Théodore, fidèle à son plan, ne leva pas la tête de dessus le manuel jusqu’à trois heures et demie.

À ce moment, comme Me Gauvin n’était toujours pas de retour, Théodore jugea les précautions inutiles.

— Zut, marmotta-t-il, zut pour ceux qui s’occuperaient de moi maintenant.

Et avec une hâte fébrile, il bondit dans sa chambre, bouleversa ses tiroirs, s’emparant d’un col propre, d’une cravate neuve, changeant de veston, soignant la raie de sa chevelure, se campant devant la glace pour vérifier le bon ordre de sa tenue.

À quatre heures moins vingt, il descendit l’escalier de la maison, et sursauta en se trouvant nez à nez avec la vieille Eulalie.

— Seigneur Jésus ! s’écriait la servante. Comme vous descendez vite, monsieur Théodore, et où donc courez-vous comme cela ? Vous allez vous mettre tout en nage !

Théodore fut sur le point de tempêter. Il se contint cependant et répondit avec bonne humeur :

— Bah, voyez-vous, Eulalie, j’en avais assez de travailler. L’immobilité, moi ça me pèse, mais j’ai tout de même fini ce que j’avais à faire. Si papa rentre, vous lui direz que j’ai été passer la fin de la journée chez Victor. Même, si papa vous le demande, vous lui direz que sans doute je resterai coucher au château des Ifs.

Et sans donner d’autres explications, Théodore ouvrait la porte, se jetait dans la rue, prenait sa course vers la gare.

« Bon sang, je vais manquer mon train, pensa-t-il. »

Il n’avait pas fait vingt mètres qu’une voix bien connue, familière, le hélait :

— Théodore, Théodore, où vas-tu ?

Théodore s’immobilisa net et devint blême.

Il se trouvait en face de son père qui rentrait enfin et bien mal à propos.

En un instant, le jeune homme imagina les pires catastrophes. N’allait-il pas être obligé de retourner à la maison ? Son père ne trouverait-il pas devant lui le tiroir fracturé ? Que dire ? Que faire ?

— Papa, répondit Théodore d’un ton de voix qui lui semblait étrange, tremblant, et qui cependant était le ton ordinaire de sa voix, papa, j’ai fini tout mon travail, et si vous me le permettez, je vais me rendre chez mon ami Victor. J’ai l’intention de coucher au château car je sais que demain Victor prend une répétition avec son professeur de mathématiques et je voudrais lui demander l’explication d’un théorème de géométrie que je ne comprends pas.

Me Gauvin, fort éloigné, bien entendu, de soupçonner les intentions véritables de son fils, de deviner le mensonge qui lui était fait, interrogea simplement :

— Tu as fini tout ton travail ?

— Oui, père.

— Va alors.
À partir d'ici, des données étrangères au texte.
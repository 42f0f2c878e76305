// Laws of the netlist with the test logic built in (stitched_netlist): what it keeps of the core, and where
// its parts stand.
// Each function has nothing to do; specs/Places.antt has the statements.
// IEEE Std 1149.1-2001: test logic architecture, boundary-scan register; the laws are own.
//
// - Of a netlist without gaps it has the ports and, under its number, each cell with its kind and its name
//   (`stitched_keeps`).
// - It contains the cells of each part: of the controller, the instruction, bypass and identification register,
//   each row of the boundary register as gates of a row of its kind (with the driver that HIGHZ adds), and TDO;
//   each with its first net, the number of its first cell, and the next bit towards TDI, which is the first net of
//   the row after it and TDI for the last row (`stitched_holds_its_parts`).
// - Each cell of the core stands under its number by the nets on the core's side of its boundary cells, but for
//   the operands of drivers with a control cell; no two nets of the core become one, and a net that no row moves
//   stays (`stitched_holds_the_core`).
// - All of this holds of every netlist with its library, its ports and its cells under their numbers, whatever else
//   that holds, and whatever net its TDO takes for the bit of the bypass register (`extension_is_built_in`,
//   `stitched_extends`, `stitched_is_built_in`).
// By the contract of its law functions.

ghost use Rattle.stitched_netlist.specs.Places.{
  ExtensionIsBuiltIn,
  StitchedExtends,
  StitchedHoldsParts,
  StitchedHoldsTheCore,
  StitchedIsBuiltIn,
  StitchedKeeps,
};

use netlist_model::laws::contained_parts;

/// The ports are there, and each cell of the core under its number, with its kind and its name.
pub fn stitched_keeps()
    ensures { StitchedKeeps }
{}

/// The cells of each part are there: of the controller, the registers, each row of the boundary register, and TDO.
pub fn stitched_holds_its_parts()
    ensures { StitchedHoldsParts }
{
    contained_parts();
}

/// The core stands inside, by the nets on the core's side of its boundary cells.
pub fn stitched_holds_the_core()
    ensures { StitchedHoldsTheCore }
{}

/// So the test logic is built into it.
pub fn stitched_is_built_in()
    ensures { StitchedIsBuiltIn }
{
    stitched_holds_its_parts();
    stitched_holds_the_core();
}

/// So it is into every netlist that has its library, its ports and its cells under their numbers, whatever
/// else that holds.
pub fn extension_is_built_in()
    ensures { ExtensionIsBuiltIn }
{
    contained_parts();
}

/// The stitched netlist is one.
pub fn stitched_extends()
    ensures { StitchedExtends }
{}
Mais si tu reviens demain matin, fais en sorte d’être là pour onze heures. Tu sais que tu as toi-même une répétition.

Théodore inclina la tête en signe d’assentiment, et, sans demander son reste, reprit sa course.

Il en était quitte d’ailleurs pour allonger un peu son chemin.

Ne voulant pas risquer que Me Gauvin s’aperçût de la direction qu’il prenait, il tournait sur la droite comme s’il eût eu réellement l’intention de se rendre chez son ami Victor.

Cent mètres plus loin, par exemple, il se faufilait par une ruelle en prenant garde d’être vu et rejoignait la route de la gare.